Record set:
**********
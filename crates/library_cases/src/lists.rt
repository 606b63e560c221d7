use crate::steps::Called;
use beam_values::RoomyList;
use case_files::Case;

impl Called for RoomyList<i64> {
    fn call(&mut self, name: &str, case: &mut Case<'_>) {
        match name {
            "reserve" => {
                if let Err(refused) = self.reserve(case.number()) {
                    case.no_memory(refused);
                }
            }
            "push" => {
                if let Err(refused) = self.push(case.number()) {
                    case.no_memory(refused);
                }
            }
            "insert" => insert(self, case),
            "remove" => remove(self, case),
            "pop" => case.say_some(self.pop()),
            "len" => case.say_number(self.len() as u64),
            "items" => say_items(self, case),
            _ => case.fail("a list has no such call"),
        }
    }
}

fn insert(list: &mut RoomyList<i64>, case: &mut Case<'_>) {
    let at = case.number::<usize>().min(list.len());
    if let Err(refused) = list.insert(at, case.number()) {
        case.no_memory(refused);
    }
}

fn remove(list: &mut RoomyList<i64>, case: &mut Case<'_>) {
    let at = case.number::<usize>();
    if at < list.len() {
        case.say_number(list.remove(at));
    } else {
        case.fail("there is no such item");
    }
}

fn say_items(list: &RoomyList<i64>, case: &mut Case<'_>) {
    for item in list.as_slice() {
        case.say_number(*item);
    }
    if list.is_empty() {
        case.say("none");
    }
}
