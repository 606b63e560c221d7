use crate::windows::add_windows;
use beam_values::{Element, List, NoMemory, PaneTag, Span, Strategy, Time, Timing, Value};
use case_files::{Case, read_strategy, read_value, say_element};
use plain_model::grouped;
use std::alloc::Global;

/// The panes of values at times under a strategy: `STRATEGY; TIME VALUE; TIME VALUE`.
pub fn answer_grouped(case: &mut Case<'_>) {
    let strategy = read_strategy(case);
    let mut elements = List::new(case.alloc());
    for _ in 0..case.left() {
        if !case.takes(b';') {
            break;
        }
        add_elements(&strategy, &mut elements, case);
    }
    match grouped(case.alloc(), &strategy, elements) {
        Ok(panes) => say_panes(panes.as_slice(), case),
        Err(refused) => case.no_memory(refused),
    }
}

// An element for each window of the time.
fn add_elements(strategy: &Strategy, elements: &mut List<Element>, case: &mut Case<'_>) {
    let time = case.time();
    let value = read_value(case);
    let mut windows = List::new(case.alloc());
    add_windows(strategy, time, &mut windows, case);
    for window in windows.as_slice() {
        match element_in(case.alloc(), &value, time, *window) {
            Ok(element) => case.keep(elements, element),
            Err(refused) => case.no_memory(refused),
        }
    }
}

fn element_in(alloc: Global, value: &Value, time: Time, span: Span) -> Result<Element, NoMemory> {
    Ok(Element {
        value: value.copy(alloc)?,
        time,
        span,
        pane: PaneTag {
            timing: Timing::Unknown,
            index: 0,
        },
    })
}

fn say_panes(panes: &[Element], case: &mut Case<'_>) {
    for pane in panes {
        case.next_answer();
        say_element(pane, case);
    }
    if panes.is_empty() {
        case.say("none");
    }
}
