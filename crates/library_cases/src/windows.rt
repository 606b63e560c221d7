use beam_values::{List, Span, Strategy, Time};
use case_files::{Case, read_strategy};
use windowing::{StrategyRefusal, assign, check_strategy};

/// Whether a plan may have the strategy.
pub fn answer_strategy(case: &mut Case<'_>) {
    let strategy = read_strategy(case);
    match check_strategy(&strategy) {
        Ok(()) => case.say("ok"),
        Err(refusal) => say_refusal(refusal, case),
    }
}

fn say_refusal(refusal: StrategyRefusal, case: &mut Case<'_>) {
    case.say("refusal");
    case.say_number(refusal.number());
    case.say(match refusal {
        StrategyRefusal::Size => "size",
        StrategyRefusal::Period => "period",
        StrategyRefusal::TooManyWindows => "too many windows",
    });
}

/// The windows of times, each under its strategy: `STRATEGY TIME; STRATEGY TIME`.
pub fn answer_window(case: &mut Case<'_>) {
    let mut windows = List::new(case.alloc());
    for _ in 0..case.left() {
        let strategy = read_strategy(case);
        let time = case.time();
        add_windows(&strategy, time, &mut windows, case);
        if !case.takes(b';') {
            break;
        }
    }
    for window in windows.as_slice() {
        case.say_span(*window);
    }
    if windows.is_empty() {
        case.say("none");
    }
}

/// Adds the windows of a time under a strategy that a plan may have and that gives windows.
pub fn add_windows(strategy: &Strategy, time: Time, windows: &mut List<Span>, case: &mut Case<'_>) {
    if check_strategy(strategy).is_err() || matches!(strategy, Strategy::Kept) {
        case.fail("the strategy gives no windows");
    } else if let Err(refused) = assign(strategy, time, windows) {
        case.no_memory(refused);
    }
}
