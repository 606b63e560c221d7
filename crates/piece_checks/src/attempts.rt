//! Whether jobs failed no more often than they may, and than faults were counted.

ghost use Rattle.std.specs.Prelude.{◌≡◌, ◌+◌, ◌^◌, ◌<◌, ◌↔◌, IsTrue, sum_by};
ghost use Rattle.std.specs.List.{All};
ghost use Rattle.piece_checks.specs.Attempts.{AreFaultsEnough, IsPieceTried, IsTried};

use beam_values::{Piece, Range};

/// How many faults were counted, by their causes.
#[derive(Clone, Copy, Debug, PartialEq, Eq)]
pub struct Faults {
    pub calls: u64,
    pub reads: u64,
}

/// Whether each piece is below the limit, or is spent, has one offset and failed as often as it may.
pub fn are_pieces_tried(limit: u32, pieces: &[Piece]) -> bool
    ensures { IsTrue result ↔ All (IsPieceTried limit) pieces.now }
{
    pieces.iter().all(|piece| is_piece_tried(limit, piece))
}

fn is_piece_tried(limit: u32, piece: &Piece) -> bool
    ensures { IsTrue result ↔ IsPieceTried limit piece.now }
{
    match piece.spent {
        None => piece.attempts < limit,
        Some(_) => piece.attempts == limit && is_single(piece.range),
    }
}

fn is_single(range: Range) -> bool
    ensures { IsTrue result ↔ (range.to ≡ range.from + 1) }
{
    range.to() - range.from() == 1
}

/// Whether the limit for each of so many dead positions and the attempts of all pieces are together no more
/// than the faults that were counted.
pub fn are_faults_enough(faults: Faults, limit: u32, dead: usize, pieces: &[Piece]) -> bool
    ensures { IsTrue result ↔ AreFaultsEnough faults limit dead pieces.now }
{
    let dead = u128::from(limit) * dead as u128;
    let pieces = attempts_of(pieces);
    dead + pieces <= u128::from(faults.calls) + u128::from(faults.reads)
}

fn attempts_of(pieces: &[Piece]) -> u128
    ensures all { result ≡ sum_by (λ piece. piece.attempts) pieces.now }
    ensures few { result < 2 ^ 96 }
{
    let mut attempts = 0;
    for piece in pieces {
        attempts += u128::from(piece.attempts);
    }
    attempts
}

/// Whether a job by itself, as that of a batch or of a key cell, failed less often than it may, and no more
/// often than faults were counted.
pub fn is_tried(faults: Faults, limit: u32, attempts: u32) -> bool
    ensures { IsTrue result ↔ IsTried faults limit attempts }
{
    attempts < limit && u128::from(attempts) <= u128::from(faults.calls) + u128::from(faults.reads)
}
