use crate::steps::Called;
use beam_values::{Mark, Time};
use case_files::Case;
use timer_core::Timers;

impl Called for Timers {
    fn call(&mut self, name: &str, case: &mut Case<'_>) {
        match name {
            "set" => {
                let timer = case.name();
                let time = case.time();
                self.set(timer, time);
            }
            "clear" => {
                let timer = case.name();
                self.clear(timer);
            }
            "time" => {
                let timer = case.name();
                say_time(self.time(timer), case);
            }
            "least" => say_time(self.least(), case),
            "due" => {
                let time = case.time();
                say_due(self, Mark::at(time), case);
            }
            "final" => say_due(self, Mark::FINAL, case),
            _ => case.fail("timers have no such call"),
        }
    }
}

fn say_due(timers: &Timers, mark: Mark, case: &mut Case<'_>) {
    match timers.first_due(mark) {
        Some(timer) => {
            case.say_number(timer.name);
            case.say("at");
            case.say_number(timer.time.ms());
        }
        None => case.say("none"),
    }
}

fn say_time(time: Option<Time>, case: &mut Case<'_>) {
    match time {
        Some(time) => case.say_number(time.ms()),
        None => case.say("none"),
    }
}
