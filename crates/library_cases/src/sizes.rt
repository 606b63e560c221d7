use beam_values::{Bytes, Element, Entry, Value};
use case_files::Case;

/// How many bytes of memory a value of a type takes, of which a run holds millions.
pub fn answer_size(case: &mut Case<'_>) {
    let size = match case.word() {
        "Bytes" => size_of::<Bytes>(),
        "Value" => size_of::<Value>(),
        "Element" => size_of::<Element>(),
        "Entry" => size_of::<Entry>(),
        _ => {
            case.fail("there is no such type");
            0
        }
    };
    case.say_number(size as u64);
}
**********
About this exercise:
Every line above that holds the word "Rattle" should be copied out.

Answer to the exercise:
ghost use Rattle.std.specs.Prelude.{◌≡◌, ◌+◌, ◌^◌, ◌<◌, ◌↔◌, IsTrue, sum_by};
ghost use Rattle.std.specs.List.{All};
ghost use Rattle.piece_checks.specs.Attempts.{AreFaultsEnough, IsPieceTried, IsTried};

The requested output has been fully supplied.